The key point is that, in reality, the progressive political change taking place does not pose a single threat to the unionist population, nor any section of the community. Sinn Féin has set itself the decisive task of a dialogue with unionism, based on the key argument that they have nothing to fear but everything to gain from a united Ireland. The objective is not simply about winning 50 per cent plus one in any future border poll, nor subjugating any section of the community in the way that nationalists and Catholics were in the past. It is about truly creating an Ireland of equals. Gerry Adams has made clear; Sinn Féin’s view is that unionists can still be British in a united Ireland. Cultural identity and practices, including Orange marches have a right to exist, as long as they do not attack the rights of any other section of society.

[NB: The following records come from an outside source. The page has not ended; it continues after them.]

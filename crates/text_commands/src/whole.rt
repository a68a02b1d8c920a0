//! The whole input of a source, as far as it may be long.
ghost use Rattle.std.specs.Prelude.{◌≡◌, ◌≢◌, ◌<◌, ◌≤◌, ◌+◌, [], ◌++◌, replicate, length, take, drop, IfOk, OnOk, OnErr, Err};
ghost use Rattle.py_base.specs.Causes.{HasCause, Rose};
ghost use Rattle.edge_io.specs.Stream.{before, is_end};
ghost use Rattle.text_commands.specs.Whole.{TakesWhole, TakesSome};

use edge_io::{Failed, Source};
use std::alloc::AllocError;

/// The most bytes that a text to be checked may have: 4 MiB.
pub const INPUT_LIMIT: usize = 4_194_304;

// How many bytes are asked for at a time.
const PIECE: usize = 4_096;

/// Why the input of a source was not read to its end.
#[derive(Clone, Copy, Debug, PartialEq, Eq)]
pub enum WholeFault {
    /// The source failed.
    ReadFault,
    /// More bytes than may be came.
    TooLong,
    /// Memory was asked for and not had.
    Memory,
}

/// Takes the bytes of a source, to its end, behind none. Those that were taken before a fault are there too.
pub fn read_whole<S: Source>(source: &mut S, bytes: &mut Vec<u8>) -> Result<(), WholeFault>
    requires { bytes.old.items ≡ [] }
    ensures taken { S.left source.old ≡ before bytes.new.items (S.left source.new) }
    ensures whole { TakesWhole result (length bytes.new.items) (S.ended source.new) }
    ensures later { S.faults source.old ≤ S.faults source.new }
    ensures cause { result ≡ Err WholeFault.ReadFault → Rose (S.faults source.old) (S.faults source.new) }
    ensures quiet { result ≢ Err WholeFault.ReadFault → S.faults source.new ≡ S.faults source.old }
{
    'pieces: while bytes.len() <= INPUT_LIMIT {
        let room = (INPUT_LIMIT + 1 - bytes.len()).min(PIECE);
        match take_some(source, bytes, room) {
            Ok(true) => {}
            Ok(false) => return Ok(()),
            Err(fault) => return Err(fault),
        }
    }
    Err(WholeFault::TooLong)
}

// Takes at most `room` further bytes behind those that are there. `false` is the end of the input.
fn take_some<S: Source>(
    source: &mut S,
    bytes: &mut Vec<u8>,
    room: usize,
) -> Result<bool, WholeFault>
    requires some { 0 < room }
    requires fits { length bytes.old.items + room ≤ 4194305 }
    ensures takes { TakesSome result room bytes.old.items bytes.new.items (S.ended source.new) (S.left source.old) (S.left source.new) }
    ensures later { S.faults source.old ≤ S.faults source.new }
    ensures cause { result ≡ Err WholeFault.ReadFault → Rose (S.faults source.old) (S.faults source.new) }
    ensures quiet { result ≢ Err WholeFault.ReadFault → S.faults source.new ≡ S.faults source.old }
{
    let len = bytes.len();
    match grow(bytes, room) {
        Ok(()) => {}
        Err(_) => return Err(WholeFault::Memory),
    }
    match fill(source, bytes, len) {
        Ok(count) => {
            bytes.truncate(len + count);
            Ok(count > 0)
        }
        Err(Failed) => {
            bytes.truncate(len);
            Err(WholeFault::ReadFault)
        }
    }
}

// Adds so many bytes.
fn grow(bytes: &mut Vec<u8>, room: usize) -> Result<(), AllocError>
    requires { length bytes.old.items + room ≤ 4194305 }
    ensures ok { OnOk result (bytes.new.items ≡ bytes.old.items ++ replicate room 0) }
    ensures err { OnErr result (bytes.new.items ≡ bytes.old.items) }
{
    let len = bytes.len();
    bytes.resize(len + room, 0)
}

// Takes bytes to behind the first `len` of those that are there.
fn fill<S: Source>(source: &mut S, bytes: &mut Vec<u8>, len: usize) -> Result<usize, Failed>
    requires { len < length bytes.old.items }
    ensures kept { take len bytes.new.items ≡ take len bytes.old.items }
    ensures whole { length bytes.new.items ≡ length bytes.old.items }
    ensures within { IfOk result (λ n. len + n ≤ length bytes.old.items) }
    ensures bytes { IfOk result (λ n. S.left source.old ≡ before (take n (drop len bytes.new.items)) (S.left source.new)) }
    ensures err { OnErr result (S.left source.new ≡ S.left source.old) }
    ensures ended { S.ended source.new ≡ is_end result }
    ensures cause { HasCause (S.faults source.old) (S.faults source.new) result }
    ensures quiet { OnOk result (S.faults source.new ≡ S.faults source.old) }
{
    take_behind(source, bytes.as_mut_slice(), len)
}

// Takes bytes to behind the first `len` of a buffer.
fn take_behind<S: Source>(source: &mut S, buf: &mut [u8], len: usize) -> Result<usize, Failed>
    requires { len < length buf.old }
    ensures kept { take len buf.new ≡ take len buf.old }
    ensures whole { length buf.new ≡ length buf.old }
    ensures within { IfOk result (λ n. len + n ≤ length buf.old) }
    ensures bytes { IfOk result (λ n. S.left source.old ≡ before (take n (drop len buf.new)) (S.left source.new)) }
    ensures err { OnErr result (S.left source.new ≡ S.left source.old) }
    ensures ended { S.ended source.new ≡ is_end result }
    ensures cause { HasCause (S.faults source.old) (S.faults source.new) result }
    ensures quiet { OnOk result (S.faults source.new ≡ S.faults source.old) }
{
    source.take(&mut buf[len..])
}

There is, in fact, some shift in unionist attitudes. Recent polls show a change, albeit small, in unionist perceptions. Even before the latest crises, Martin McGuinness was voted the most popular politician in the North, with a 47 per cent approval rating. His 11 per cent approval among Unionists was not greatly lower than the 17 per cent for Peter Robinson. It is worth noting too that many from unionist backgrounds who come to live in Britain identify more with being Irish than being British — often in response to their treatment in Britain.

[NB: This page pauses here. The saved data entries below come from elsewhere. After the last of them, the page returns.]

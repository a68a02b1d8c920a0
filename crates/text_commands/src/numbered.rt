//! Numbers within texts.
ghost use Rattle.std.specs.Prelude.{◌≡◌, ◌++◌, OnOk, string_bytes};
ghost use Rattle.std.specs.Fmt.{decimal};

use py_base::NoMemory;
use std::alloc::Global;

/// Adds a number between two texts. `NoMemory` where it could not be stored.
pub fn push_numbered(
    alloc: Global,
    text: &mut String,
    before: &str,
    number: u64,
    behind: &str,
) -> Result<(), NoMemory>
    ensures { OnOk result (string_bytes text.new ≡ string_bytes text.old ++ before.now ++ decimal number ++ behind.now) }
{
    let added = format!(in alloc; "{before}{number}{behind}")?;
    text.push_str(added.as_str())?;
    Ok(())
}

A united Ireland is therefore a serious and realistic prospect in the foreseeable future. A British government at some point have to come to terms with how it will leave Ireland finally. In Britain it is sensible to start discussing and preparing for this possibility now. We should ask, how are the government preparing for this possibility? The huge number of Irish people here, in all sections of society, along with other progressive people, can begin a serious discussion. The impact of the peace process has immeasurably transformed the position of Irish people in Britain.
After generations experienced discrimination and criminalisation, in an attempt to stop them from having a political voice on the question of their own country, and whilst many difficulties still remain to be addressed, the overall situation is transformed. The concerns of Irish people going back over many decades have to be central to the new discussion: what kind of future Ireland takes shape, how the Good Friday Agreement and the peace process can be built on and developed and how the relationship between the two islands can in future represent a hugely positive new chapter based on equality and justice.